La denuncia a TPI dei giudici di pace contro la riforma Orlando
I giudici di pace contro la riforma Orlando. “Sono giudice di pace da marzo del 2002, di fatto oggi sono il frutto della gig economy: rientro in una categoria di lavoratori che fa fatica a trovare una collocazione. Vengo pagata a gettone, per una giornata intera di processi lavorando dalle 9 alle 18 prendo 35 euro lordi. Non ho tutele, se mi ammalo semplicemente non lavoro e perdo i soldi. Siamo a consumo. Siamo trattati in Europa nello stesso calderone dei rider, quindi il paragone aimé calzante, anche se è stridente.

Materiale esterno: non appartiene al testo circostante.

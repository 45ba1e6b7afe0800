//! The example of docs/LIBRARY.md: bounds and a plain run of texts in memory.

use super::given::{ACC, M1};
use graph::{edges, res_mii};
use loops::{read_loops, run_plain};
use machine::read_machine;
use std::test::Fail;
use walks::{mii, rec_mii};

#[test]
fn tells_bounds_of_texts_in_memory(rt: HostRuntime) -> Result<(), Fail> {
    let alloc = rt.alloc();
    let machine = read_machine(alloc, M1.as_bytes())?;
    for innermost in &read_loops(alloc, ACC.as_bytes())? {
        let dependences = edges(alloc, &machine, innermost)?;
        let resources = res_mii(&machine, innermost)?;
        let recurrences = rec_mii(alloc, &dependences)?;
        assert_eq!(rt; mii(resources, recurrences), 2);

        let after = run_plain(alloc, innermost, 3)?;
        assert_eq!(rt; after.trip(), 3);
        assert_eq!(rt; after.array_count(), 2);
        assert_eq!(rt; after.cell(1, 2), 6);
    }
    Ok(())
}
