//! Memories that are changed by their calls, runs that are refused, and the canonical text of loops.

ghost use Rattle.std.specs.Prelude.{◌+◌, ◌<◌, ◌≤ℤ◌, ◌<ℤ◌, pos, neg_ℤ, length};

use super::given::{
    ABS, ACC, ACCO, ALTS, CHAIN, EDGE, FAR, FORCE, HOLD, KEEP, LAST, LATE, LONE, POW, SHIFT, SUM,
    WRAP,
};
use loops::{
    Loop, Memory, RunFault, opening, read_loops, run_beginning, run_from, run_plain, write_loop,
};
use std::alloc::Global;
use std::process::Abort;
use std::test::Fail;

/// The last loop of a text.
fn one(alloc: Global, text: &str) -> Result<Loop, Fail> {
    let mut loops = read_loops(alloc, text.as_bytes())?;
    Ok(loops.pop().ok_or("a loop")?)
}

/// What a run of a loop for `trip` iterations is refused for.
fn refusal(alloc: Global, text: &str, trip: u64) -> Result<Option<RunFault>, Fail> {
    Ok(run_plain(alloc, &one(alloc, text)?, trip).err())
}

/// What a run of a loop on the memory of another one is refused for.
fn refusal_from(alloc: Global, text: &str, other: &str) -> Result<Option<RunFault>, Fail> {
    let memory = opening(alloc, &one(alloc, other)?, 3)?;
    Ok(run_from(alloc, &one(alloc, text)?, memory).err())
}

// `CHAIN` has one array, and `ACC` two.
#[test]
fn refuses_trips_and_shapes(rt: HostRuntime) -> Result<(), Fail> {
    assert_eq!(rt; refusal(rt.alloc(), ACC, 100_000)?, None);
    assert_eq!(rt; refusal(rt.alloc(), ACC, 100_001)?, Some(RunFault::Trip));
    assert_eq!(rt;
        refusal_from(rt.alloc(), ACC, CHAIN)?,
        Some(RunFault::Shape)
    );
    assert_eq!(rt; refusal_from(rt.alloc(), ACC, ACC)?, None);
    Ok(())
}

/// Sets a cell, which has to be there.
fn set_cell(rt: &impl Abort, memory: &mut Memory, array: usize, cell: i64, value: i64) {
    assert!(rt; array < memory.array_count());
    assert!(rt; -64 <= cell && cell < memory.trip() as i64 + 64);
    memory.set_cell(array, cell, value);
}

/// Sets the outermost cells of the sums and the live value.
fn change(rt: &impl Abort, memory: &mut Memory) {
    set_cell(rt, memory, 1, -64, 8);
    set_cell(rt, memory, 1, 66, -8);
    assert!(rt; memory.out_count() == 1);
    memory.set_out(0, -9);
}

/// The sums of three iterations, but for the outermost cells and the live value.
fn shows(rt: &impl Abort, memory: &Memory, first: i64, last: i64, out: i64) {
    assert_eq!(rt; memory.trip(), 3);
    assert_eq!(rt; memory.array_count(), 2);
    // (from cell -64 to cell 66)
    let cells = memory.cells(1);
    assert_eq!(rt; cells.first(), Some(&first));
    assert_eq!(rt; cells.get(63..68), Some(&[0, 1, 3, 6, 0][..]));
    assert_eq!(rt; cells.get(129..), Some(&[0, last][..]));
    assert_eq!(rt; memory.out_count(), 1);
    assert_eq!(rt; memory.out(0), out);
}

#[test]
fn sets_a_copy_alone(rt: HostRuntime) -> Result<(), Fail> {
    let memory = run_plain(rt.alloc(), &one(rt.alloc(), ACCO)?, 3)?;
    let mut copy = memory.copied(rt.alloc())?;
    shows(&rt, &copy, 0, 0, 6);
    change(&rt, &mut copy);
    shows(&rt, &copy, 8, -8, -9);
    shows(&rt, &memory, 0, 0, 6);
    Ok(())
}

// After two of three iterations the sums are 1 and 3, and the next one begins with 3.
#[test]
fn begins_runs(rt: HostRuntime) -> Result<(), Fail> {
    let innermost = one(rt.alloc(), ACCO)?;
    let memory = opening(rt.alloc(), &innermost, 3)?;
    let (memory, initials) = run_beginning(rt.alloc(), &innermost, memory, 2)?;
    shows_sums(&rt, &memory, 3, &[0, 1, 3, 0, 0]);
    assert_eq!(rt; initials.len(), 1);
    for init in &initials {
        assert_eq!(rt; (init.statement, init.number, init.value), (1, 1, 3));
    }
    assert!(rt; 2 + 1 <= memory.trip());
    let part = memory.window(rt.alloc(), 2, 1)?;
    shows_sums(&rt, &part, 1, &[3, 0, 0, 0, 0]);
    Ok(())
}

/// The cells of the sums from cell -1 to cell 3, in a memory for this many iterations.
fn shows_sums(rt: &impl Abort, memory: &Memory, trip: u64, sums: &[i64]) {
    assert_eq!(rt; memory.trip(), trip);
    assert_eq!(rt; memory.array_count(), 2);
    assert_eq!(rt; memory.cells(1).get(63..68), Some(sums));
}

/// The canonical text of the last loop of a text.
fn written(alloc: Global, text: &str) -> Result<String, Fail> {
    Ok(write_loop(alloc, &one(alloc, text)?)?)
}

#[test]
fn writes_canonical_text(rt: HostRuntime) -> Result<(), Fail> {
    let texts = [
        ABS, ACC, ACCO, ALTS, CHAIN, EDGE, FAR, FORCE, HOLD, KEEP, LAST, LATE, LONE, POW, SHIFT,
        SUM, WRAP,
    ];
    for text in texts {
        let written = written(rt.alloc(), text)?;
        assert_eq!(rt; written.as_str(), text);
    }
    Ok(())
}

Il confronto con i rider nasce da qui: come loro, noi siamo a consumo”.
A parlare a TPI è Cristina Piazza, giudice onorario e giudice di pace dal 2002 che spiega il forte malcontento nato dalla riforma della magistratura onoraria.
I giudici di pace denunciano il fatto che l’approvazione, nel corso del Consiglio dei Ministri del 20 maggio 2019, dello schema del disegno di legge di modifica della c.d. riforma Orlando, non soddisfi alcuna delle istanze della categoria: “vessata da trent’anni di precariato ed insussistenza di tutele, non avendo con evidenza il Ministro Bonafede e poi il consiglio dei minstri recepito il chiaro ed inequivocabile input di cui al punto n. 12 del contratto di governo che prevede “la completa modifica della recente riforma Orlando”.
“Siamo considerati come dei volontari che si prodigano nella funzione pubblica. Ed è proprio un prodigarsi perché noi lavoriamo a tempo pieno. La categoria dei magistrati interessati dalla riforma Orlando e da queste misure così dure sono: i giudici di pace, i giudici onorari di tribunale e i procuratori onorari”, spiega Piazza.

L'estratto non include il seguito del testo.